Untrimmed and quartered...






Trimmed of fat and halved yet again.  It is easier to remove the fat when the meat is cold and the pieces are manageable...






I then slice the pieces about 1/8th inch to 3/16-inch thick.  I cut up this whole eye of round from trimming to placing all of the pieces into a gallon Ziploc bag with a knife, by hand, in 7 minutes. I like bite sized jerky pieces though.  Spoon is for scale...






Dump the flavor packet and the cure packet into a non-metallic container...





I do recommend using cure unless you are making a very salty jerky (i.e. salt cured).  Cure will allow you jerky to last about a month in or out of the fridge.  I also shrink wrap and freeze jerky with good results.

follow directions - add one cup cold water and mix thoroughly...






Dump marinate into the bag.  Squeeze out as much air as possible.  Mix the marinate into the meat thoroughly.  I squeeze the bag several times while it is marinating to make sure all meat is marinated well...





By the way - I have always had great luck with Walmart Great Value Ziploc bags never, ever leaking.

===Total time to get to this point would be...about 15 minutes if I wasn't taking pictures...20 minutes though because I was taking pictures.===

At a minimum, marinate at least overnight.  I prefer 24 to 36 hours.  24 hours later you can see the meat has taken on the marinate well...






Dump the meat into a colander and drain... 






I like to wear food-grade gloves (think cafeteria worker) when handling the jerky to load the pieces into the trays or my hands smell like the marinate for a couple of days.  I load the trays up tight and hard.  I know many instructions say the meat shouldn't touch.  Pffft.  Not true!  You'll see in a few more pictures.

I can get 5 pounds of meat onto 4 Open Country 500 Watt dehydrator trays - but I might have to slice a little thicker.  I do recommend never slicing thicker than 1/4 inch unless making a very narrow piece.  Here is a normally loaded tray...





Note the meat is touching BUT NOT overlapping.

Once your trays are loaded, stack them up and lets get them drying.  I like to dry the meat in the garage because some of the flavors I use can get a little too powerful in a closed up house.  The Owens BBQ Prime Rib flavor smelled like a beef roast FWIW.

Here is a picture of where the magic happens in my garage...

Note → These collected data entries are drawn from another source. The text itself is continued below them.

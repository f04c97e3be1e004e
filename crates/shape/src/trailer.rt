// Where the last whole line begins, and how many whole lines there are.
#[derive(Clone, Copy)]
pub struct LastLine {
    pub start: usize,
    pub lines: usize,
}
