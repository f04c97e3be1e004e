// How a line of an order sheet is shaped, byte by byte.
#![tactic(auto)]

mod number;
mod scan;
mod shape;
mod trailer;

pub use number::Numbers;
pub use scan::{Place, Scanned, first_misshapen, section_of};
pub use shape::{Section, State, next_state};
pub use trailer::LastLine;
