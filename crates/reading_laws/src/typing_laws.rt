//! Laws of the stages of names, types and data.
ghost use Rattle.reading_laws.specs.Vocabularies.{DerivedIsWellFormed};
ghost use Rattle.reading_laws.specs.WellTyped.{AcceptedIsTypedOver, DerivedIsWellTyped};

use crate::{blocks_have_places, theories_have_places};

/// The vocabulary of what the stages of names and types accept is well formed: numbers of types and symbols are within
/// their limits, each type that is named is there, and no name is declared twice.
pub fn derived_is_well_formed()
    ensures { DerivedIsWellFormed }
{}

/// What the stages of names and types accept is well typed: each sentence, each rule of a definition, and each term
/// block's term, a number.
pub fn derived_is_well_typed()
    ensures { DerivedIsWellTyped }
{}

/// What the stage of data accepts as well is well typed over the data's domains: each sentence and each rule of the
/// chosen theory, and each term block's term, so that functions are applied within their types.
pub fn accepted_is_typed_over()
    ensures { AcceptedIsTypedOver }
{
    theories_have_places();
    blocks_have_places();
}
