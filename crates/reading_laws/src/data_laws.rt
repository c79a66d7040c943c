//! Laws of the stage of data.
ghost use Rattle.reading_laws.specs.DataLaws.{
  AcceptedHaveDomains,
  AcceptedIsGiven,
  BlocksHavePlaces,
  GivenIsConsistent,
  RefusalsAreParted,
  TheoriesHavePlaces,
};

/// A refusal is one of what the structure says by itself, or one of an integer beside it.
pub fn refusals_are_parted()
    ensures { RefusalsAreParted }
{}

/// What is returned is what the structure gives by itself, under the vocabulary alone.
pub fn accepted_is_given()
    ensures { AcceptedIsGiven }
{}

/// Where nothing is refused, no atom is said to be true and false.
pub fn given_is_consistent()
    ensures { GivenIsConsistent }
{}

/// What is accepted has domains as they are asked for.
pub fn accepted_have_domains()
    ensures { AcceptedHaveDomains }
{}

/// Each term of a theory has its place.
pub fn theories_have_places()
    ensures { TheoriesHavePlaces }
{}

/// Each term of a term block has its place.
pub fn blocks_have_places()
    ensures { BlocksHavePlaces }
{}
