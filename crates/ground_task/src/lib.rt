//! Models of a knowledge base under choices, over any solver of its ground problem.
#![tactic(auto)]

pub mod answers;
mod choices;
mod kept;
mod task;

pub use task::Task;
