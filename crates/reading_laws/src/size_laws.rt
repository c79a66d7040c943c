//! Laws of the stage of sizes.
ghost use Rattle.reading_laws.specs.SizeLaws.{
  AcceptedAreBounded,
  BlocksHaveBounds,
  ProductCountsTuples,
  SmallIsBounded,
  SmallTermIsBounded,
  TheoriesHaveBounds,
};

/// The product of the sizes of domains counts their tuples.
pub fn product_counts_tuples()
    ensures { ProductCountsTuples }
{}

/// Each term of a theory has its bounds.
pub fn theories_have_bounds()
    ensures { TheoriesHaveBounds }
{}

/// Each term of a term block has its bounds.
pub fn blocks_have_bounds()
    ensures { BlocksHaveBounds }
{}

/// All bounds in 64 bits are small exactly where a formula is bounded.
pub fn small_is_bounded()
    ensures { SmallIsBounded }
{}

/// All bounds in 64 bits are small exactly where a term is bounded.
pub fn small_term_is_bounded()
    ensures { SmallTermIsBounded }
{}

/// What is accepted is bounded: the chosen theory and each term block.
pub fn accepted_are_bounded()
    ensures { AcceptedAreBounded }
{}
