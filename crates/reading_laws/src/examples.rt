//! Worked examples of the stages of data and sizes.
ghost use Rattle.reading_laws.specs.CellExamples.{CellsAreWorkedOut};
ghost use Rattle.reading_laws.specs.Examples.{AreasAreWorkedOut, NumbersAreWorkedOut};
ghost use Rattle.reading_laws.specs.FileExamples.{FilesAreWorkedOut};
ghost use Rattle.reading_laws.specs.SizesExamples.{SizesAreWorkedOut};

/// Sets of elements that are said by ranges.
pub fn cells_worked_out()
    ensures { CellsAreWorkedOut }
{}

/// A structure over areas and colors: what is refused in it, and what it gives.
pub fn areas_worked_out()
    ensures { AreasAreWorkedOut }
{}

/// Numbers, constants and propositions.
pub fn numbers_worked_out()
    ensures { NumbersAreWorkedOut }
{}

/// What the structures of whole files give.
pub fn files_worked_out()
    ensures { FilesAreWorkedOut }
{}

/// Numbers of ground atoms, weights and static bounds.
pub fn sizes_worked_out()
    ensures { SizesAreWorkedOut }
{}
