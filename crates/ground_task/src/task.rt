//! Tasks.
ghost use Rattle.std.specs.Prelude.{◌≡◌, ◌≤◌, ◌^◌, [], List, length, IfOk, IfErr};
ghost use Rattle.kb_logic.specs.Bases.{Base};
ghost use Rattle.kb_logic.specs.Structures.{EachWith};
ghost use Rattle.kb_logic.specs.Models.{IsAtomOver, atom_of};
ghost use Rattle.lit_core.specs.declared.literals.Lit.{Lit};
ghost use Rattle.lit_core.specs.Literals.{valuation};
ghost use Rattle.ground_core.specs.Solving.{IsBudgetOf, HaltedAt, HasCoreWithin, IsSublist};
ghost use Rattle.ground_core.specs.Calls.{CallEnds, Stays};
ghost use Rattle.term_values.specs.GroundBases.{structure_of};
ghost use Rattle.term_values.specs.KnownBases.{AreDataOf};
ghost use Rattle.def_ground.specs.Groundings.{IsGroundingOf};
ghost use Rattle.atom_numbers.specs.Numbers.{HasNumber};
ghost use Rattle.ground_task.specs.Tasks.{IsTaskOf, IsTask, IsAnswer, IsShown, IsRefusedAtOnce};
ghost use Rattle.ground_task.specs.Choices.{AreOver, AreChosen};

use crate::answers::Answer;
use crate::choices::{chosen_among, lits_of};
use atom_numbers::{AtomNumbers, FoundStructure};
use ground_core::{Budget, Grow, Halt, Memory as NoMemory, Solve, Verdict};
use kb_logic::{ExtInt, Literal, LiteralList, Memory, Vocabulary};
use lit_core::{Lit, Values};
use model_expansion::expand;
use partial_structures::Partial;
use std::alloc::Global;

/// A solver of the ground problem of a knowledge base, with what is needed to translate between the
/// knowledge base's literals and structures and the solver's literals and values. Its answers are
/// about the models of each knowledge base of which it is a task.
#[derive(Drop)]
pub struct Task<S> {
    numbers: AtomNumbers,
    pub(crate) solver: S,
}

impl<S: Solve + Drop> Task<S> {
    /// The task over a solver of the ground problem of a knowledge base with this vocabulary and these data.
    pub fn open(
        alloc: Global,
        vocabulary: &Vocabulary,
        data: &Partial,
        solver: S,
    ) -> Result<Task<S>, Memory>
        requires data { AreDataOf vocabulary.now data.now }
        requires few { length vocabulary.now.symbols ≤ 2 ^ 32 }
        requires fresh { (S.state solver).problem.retired ≡ [] }
        ensures task { IfOk result (λ t. (base : Base) → base.vocabulary ≡ vocabulary.now → base.known ≡ data.now
            → IsGroundingOf base (S.state solver).problem → IsTaskOf base t.numbers (S.state t.solver).problem) }
        ensures solver { IfOk result (λ t. t.solver ≡ solver) }
    {
        let numbers = AtomNumbers::of(alloc, vocabulary, data.domains())?;
        Ok(Task { numbers, solver })
    }
}

impl<S: Solve> Task<S> {
    /// The variables of the ground atoms.
    pub fn numbers(&self) -> &AtomNumbers
        ensures { result.now ≡ self.now.numbers }
    {
        &self.numbers
    }

    /// The literal of the variable that the literal's atom has.
    pub fn lit_of(&self, literal: &Literal) -> Lit
        requires { IsAtomOver self.now.numbers.vocabulary.symbols self.now.numbers.domains (atom_of literal.now) }
        ensures { HasNumber self.now.numbers literal.now result }
    {
        self.numbers.lit_of(literal)
    }

    /// The structure in which the atoms with true variables hold.
    pub fn structure_of(&self, alloc: Global, values: &Values) -> Result<FoundStructure, Memory>
        ensures { IfOk result (λ m. m ≡ structure_of self.now.numbers (valuation values.now)) }
    {
        self.numbers.structure_of(alloc, values)
    }

    /// The literals of the choices' variables.
    pub fn lits_of(&self, alloc: Global, choices: &[Literal]) -> Result<Vec<Lit>, Memory>
        requires { AreOver self.now.numbers choices.now }
        ensures { IfOk result (λ lits. EachWith (HasNumber self.now.numbers) choices.now lits.items) }
    {
        lits_of(alloc, &self.numbers, choices)
    }

    /// The choices whose literals the core has, where these are the literals of all choices. It takes time linear in
    /// the choices.
    pub fn chosen_among(
        &self,
        alloc: Global,
        choices: &[Literal],
        lits: &[Lit],
        core: &[Lit],
    ) -> Result<LiteralList, Memory>
        requires each { EachWith (HasNumber self.now.numbers) choices.now lits.now }
        requires among { IsSublist core.now lits.now }
        ensures { IfOk result (AreChosen self.now.numbers choices.now core.now) }
    {
        chosen_among(alloc, choices, lits, core)
    }

    /// A model that makes the choices true, or some of them under which there is none, by one search.
    pub fn ask(
        &mut self,
        alloc: Global,
        choices: &[Literal],
        budget: &mut Budget,
    ) -> Result<Answer, Halt>
        requires task { IsTask self.old.numbers (S.state self.old.solver).problem }
        requires choices { AreOver self.old.numbers choices.now }
        requires budget { IsBudgetOf (S.state self.old.solver).learnt budget.old }
        ensures answer { IfOk result (λ a. (base : Base)
            → IsTaskOf base self.old.numbers (S.state self.old.solver).problem → IsAnswer base choices.now a) }
        ensures shown { IfOk result (IsShown self.old.numbers choices.now (S.state self.new.solver).cores) }
        ensures task { (base : Base) → IsTaskOf base self.old.numbers (S.state self.old.solver).problem
            → IsTaskOf base self.new.numbers (S.state self.new.solver).problem }
        ensures halt { IfErr result (HaltedAt budget.new) }
        ensures stays { Stays (S.state self.old.solver) (S.state self.new.solver) }
        ensures ends { CallEnds 1 (S.state self.old.solver) (S.state self.new.solver) budget.old budget.new }
        ensures decided { (lits : List Lit) → EachWith (HasNumber self.old.numbers) choices.now lits
            → HasCoreWithin (S.state self.old.solver).cores lits
            → IsRefusedAtOnce (S.state self.old.solver) (S.state self.new.solver) result }
        ensures later { S.goes_on self.old.solver self.new.solver }
    {
        self.solver.known();
        let Ok(lits) = self.lits_of(alloc, choices) else {
            return Err(Halt::Memory);
        };
        match expand(&mut self.solver, lits.as_slice(), budget) {
            Ok(Verdict::Sat(values)) => match self.numbers.structure_of(alloc, &values) {
                Ok(model) => Ok(Answer::Model(model)),
                Err(_) => Err(Halt::Memory),
            },
            Ok(Verdict::Unsat(core)) => {
                match self.chosen_among(alloc, choices, lits.as_slice(), core.as_slice()) {
                    Ok(some) => Ok(Answer::NoModel(some)),
                    Err(_) => Err(Halt::Memory),
                }
            }
            Err(halt) => Err(halt),
        }
    }
}

impl<S: Solve> Solve for Task<S> {
    ghost use Rattle.std.proofs.Common.{refl, ◌∙◌};

    ghost state = { λ t. S.state t.solver };

    ghost goes_on = { λ t u. S.goes_on t.solver u.solver × (t.numbers ≡ u.numbers) };

    fn known(&self) {
        self.solver.known();
    }

    fn solve(&mut self, assume: &[Lit], budget: &mut Budget) -> Result<Verdict, Halt> {
        self.solver.solve(assume, budget)
    }

    ghost goes_on_itself = { λ t. (S.goes_on_itself t.solver, refl) };

    ghost goes_on_twice = { λ r t u a b. (S.goes_on_twice r.solver t.solver u.solver a.0 b.0, a.1 ∙ b.1) };
}

impl<S: Grow> Grow for Task<S> {
    fn value(&self, term: u32, values: &Values) -> ExtInt {
        self.solver.value(term, values)
    }

    fn bound(&mut self, term: u32, below: ExtInt) -> Result<Lit, NoMemory> {
        self.solver.bound(term, below)
    }

    fn exclude(&mut self, values: &Values) -> Result<Lit, NoMemory> {
        self.solver.exclude(values)
    }

    fn retire(&mut self, selector: Lit) {
        self.solver.retire(selector);
    }
}
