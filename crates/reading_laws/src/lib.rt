//! What the stages of reading accept: laws of the definitions of data and sizes with worked examples, that it is well
//! typed, and that names are words.
#![tactic(auto)]

mod cell_laws;
mod data_laws;
mod examples;
mod size_laws;
mod typing_laws;
mod word_laws;

pub use cell_laws::{
    covered_is_each, listed_are_among, listed_are_counted, listed_are_distinct, missed_is_some,
    shared_is_some,
};
pub use data_laws::{
    accepted_have_domains, accepted_is_given, blocks_have_places, given_is_consistent,
    refusals_are_parted, theories_have_places,
};
pub use examples::{
    areas_worked_out, cells_worked_out, files_worked_out, numbers_worked_out, sizes_worked_out,
};
pub use size_laws::{
    accepted_are_bounded, blocks_have_bounds, product_counts_tuples, small_is_bounded,
    small_term_is_bounded, theories_have_bounds,
};
pub use typing_laws::{accepted_is_typed_over, derived_is_well_formed, derived_is_well_typed};
pub use word_laws::{data_are_words, names_are_words};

I normally dehydrate it on high (155F) for 1 hour and then at 135F until done.  Normal drying time is 7 to 9 hours depending on how thick you cut the meat and the type of meat.  Wild turkey breast takes longer than beef or venison...






9 hours later...





Note the meat is no longer touching.  No need to worry about leaving a gap between the pieces.  If you have enough trays, sure, leave a gap, it'll dry a little quicker.

Money shot...






So there you have it.  4.3 pounds of eye-of-round trimmed to 3.9 pounds to remove the fat produces a whopping 1.632 pounds of jerky (I might have eaten a couple of test pieces by this point, so lets say 1.675 pounds or so)...or 2 crammed full sandwich bags.


----------



## dirtsailor2003 (Oct 23, 2017)

Looks tasty. I need to make another batch of Thai Jerky soon. We're getting low!


----------



## mosparky (Oct 23, 2017)

Looks great. Curious..you don't rotate the trays top to bottom ? I've never used a dehydrator but the daughter got one in a garage sale and I'm expected to teach her how to use it.


----------



## dward51 (Oct 23, 2017)

Good looking jerky.


----------



## Stickman81 (Oct 23, 2017)

Great tutorial and pictures!
Thanks for taking time to do the How-to!


----------



## uncle eddie (Oct 23, 2017)

mosparky said:


> Looks great. Curious..you don't rotate the trays top to bottom ? I've never used a dehydrator but the daughter got one in a garage sale and I'm expected to teach her how to use it.



With forced air, no rotation is needed.  Seriously, top tray to bottom tray - no difference.  

Convection...absolutely needed...and often.


----------



## SmokinAl (Oct 24, 2017)

Fantastic looking jerky & a great step by step!
Nice job!
Al


----------



## mosparky (Oct 24, 2017)

Thanks Uncle Eddie, I did not know that about the forced air. A friend had a dehydrator and told me about rotating pans. Guess he either had one without fan or just belt and suspenders. I have no idea what the kid has.


----------



## uncle eddie (Oct 24, 2017)

My original dehydrator was by RonCo (think Pocket Fisherman).  It had a circular heating element in the base and you opened the top vents to facilitate the drying process.  Of course, the meat closest to the heating elements dried faster than the top tray.  So every hour or two, or when I remembered to do it, I would reverse the order of the trays.  It worked best if you did it more often at first and was more forgiving later in the process.

I loved that old RonCo dehydrator right up until the day I got my Open Country forced air dehydrator.  That RonCo dehydrator is still on the market ($35 at Walmart) but do yourself a favor - used forced air.  The all-convection dehydrator took as long as 20 to 30 hours to finish a batch (depending on load, meat thickness, etc.)  Forced air became affordable in the late 1990s.


----------



## griz400 (Oct 24, 2017)

Mine I usually rotate but always cut long strips and marinate in a casserole dish in fridge ,, I put on dehydrator soaking wet, and it all drips alot when getting started ,, yours is looking great ...  points to you ,, I do it  similar , I have a 6 tray dehydrator and I sprinkle onion flakes on top side of all the strips  when I first put em on .. try out the onion flakes sometimes ... guess you gotta like onions though ...


----------